Indemnity plans are a bit like auto insurance: you pay a
certain amount of your medical expenses up front in the form
of a deductible and afterward the insurance company pays
the majority of the bill. Fee-For-Service For years, indemnity or fee-for-service coverage was the norm. Under this type of health coverage, you have complete autonomy when it comes to choosing doctors, hospitals and other health care providers. You can refer yourself to any specialist without getting permission, and the insurance company doesn't get to decide whether the visit was necessary. You don't, however, have complete autonomy. Most fee-for-service medicine is managed to a certain extent. For instance, if you're not already incapacitated, you may need to get clearance for a visit to the emergency room. On the down side, fee-for-service plans usually involve more out-of-pocket expenses. Often there is a deductible, usually of about $200, before the insurance company starts paying. Once you've paid the deductible, the insurer will kick in about 80 percent of any doctor bills. You may have to pay up front and then submit the bill for reimbursement, or your provider may bill your insurer directly. Under
fee-for-service plans, insurers will usually only pay for
reasonable and customary medical expenses, taking into account
what other practitioners in the area charge for similar services.

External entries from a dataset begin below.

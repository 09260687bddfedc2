// Rows over DER.
//
//     der              any type by its name: read, written, compared          (values.rt, which names the types)
//     der_default      a type with a default, left out as such                (defaults.rt)
//     der_type         a type's tag and name                                  (types.rt)
//     der_fault        the texts of faults                                    (faults.rt)
//     der_number, der_fields, der_text
//                      numbers and texts as they are, fields of a SEQUENCE    (fields.rt)
//     der_string, der_bits, der_oid, der_time
//                      simple wrappers made of their inner values             (simple.rt, times.rt)
//     der_integer, der_raw, der_algorithm
//                      values made of bytes                                   (made.rt)
//     der_list, der_tagged
//                      wrappers made of their inner values and changed        (wrapped.rt)
//     der_ten          a field of a type with a default of its own            (ten.rt)
//     der_record       records of fields                                      (records.rt)
//     der_long         inputs that are made here, of a count                  (long.rt)
mod defaults;
mod faults;
mod fields;
mod long;
mod made;
mod plain;
mod records;
mod simple;
mod ten;
mod times;
mod types;
mod values;
mod wrapped;

use anyhow::Result;
use rows::{Answer, Calls, Words};
use std::alloc::Global;

/// The calls of these notions.
pub struct DerCalls;

impl Calls for DerCalls {
    fn answer(alloc: Global, notion: &str, call: &str, words: &mut Words<'_>) -> Result<Answer> {
        match notion {
            "der" | "der_default" | "der_type" => values::answer(alloc, call, words),
            "der_number" | "der_text" => fields::plain(alloc, call, words),
            "der_fault" => faults::answer(alloc, call, words),
            "der_long" => long::answer(alloc, call, words),
            "der_record" => records::answer(alloc, call, words),
            "der_ten" => ten::answer(alloc, call, words),
            "der_fields" => fields::three(alloc, call, words),
            "der_string" => simple::string(alloc, call, words),
            "der_bits" => simple::bits(alloc, call, words),
            "der_oid" => simple::identifier(alloc, call, words),
            "der_time" => times::answer(alloc, call, words),
            "der_list" => wrapped::list(alloc, call, words),
            "der_tagged" => wrapped::tagged(alloc, call, words),
            _ => made::answer(alloc, notion, call, words),
        }
    }
}
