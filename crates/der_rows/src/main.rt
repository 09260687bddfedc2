//! Rows over DER: lines that name a call and its arguments, answered by what the call gives.
#![tactic(auto)]

mod der;

use anyhow::Result;
use der::DerCalls;
use rows::answer_rows;
use std::process::ExitCode;

fn main(rt: HostRuntime) -> Result<ExitCode> {
    answer_rows::<DerCalls>(&rt)
}
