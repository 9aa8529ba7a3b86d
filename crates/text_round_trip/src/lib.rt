// A pattern printed as text and read back is the same file: a theorem over what the contracts of
// `show_text::show` and `draft_text::make` cite; no code.
#![tactic(auto)]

If your doctor happens to charge more than what the insurance
company considers reasonable and customary, you'll probably
have to make up the difference yourself. Fee-for-service plans often include a ceiling for out-of-pocket expenses, after which the insurance company will pay 100 percent of any costs. Traditional fee-for-service coverage offers flexibility in exchange for higher out-of-pocket expenses and is not for everyone. Shop around on your own or talk to an independent insurance agent to make sure you get a plan that's right for you. For more information and rates on short-term health insurance visit our specialist site below. Preferred
Provider Organizations (PPO'S) A
Preferred Provider Organizations is the least restrictive
type of managed care. PPOs have made arrangements for lower
fees with a network of health care providers. PPOs give their
policyholders a financial incentive to stay within that network. Is a PPO Right For You? Rates and coverage vary form state to state so shop around on your own or talk to an independent insurance agent to make sure you get a plan that's right for you. For more information and rates on PPO health insurance visit our specialist site below. Point-of-Service (POS) "Managed Care" A Point-of-Service plan is a little more least restrictive type of managed care. Point-of Service plans like PPO's have made arrangements for lower fees with a network of health care providers and give their policyholders a financial incentive to stay within that network. However,
Point-of-service plans introduce the gatekeeper, or Primary
Care Physician. You'll need to choose your primary care physician
(PCP) from among the plan's network of doctors. Is a POS Right For You? Rates and coverage vary form state to state so shop around on your own or talk to an independent insurance agent to make sure you get a plan that's right for you. For more information and rates on POS health insurance visit our specialist site below. Health
Maintenance Organizations (HMO's) A Health Maintenance Organization plan is the most restrictive type of managed care. Like Point-of Service and PPO's, HMO's have made arrangements for lower fees with a network of health care providers and give their policyholders a financial incentive to stay within that network. HMO
plans also utilize a gatekeeper, or Primary Care Physician.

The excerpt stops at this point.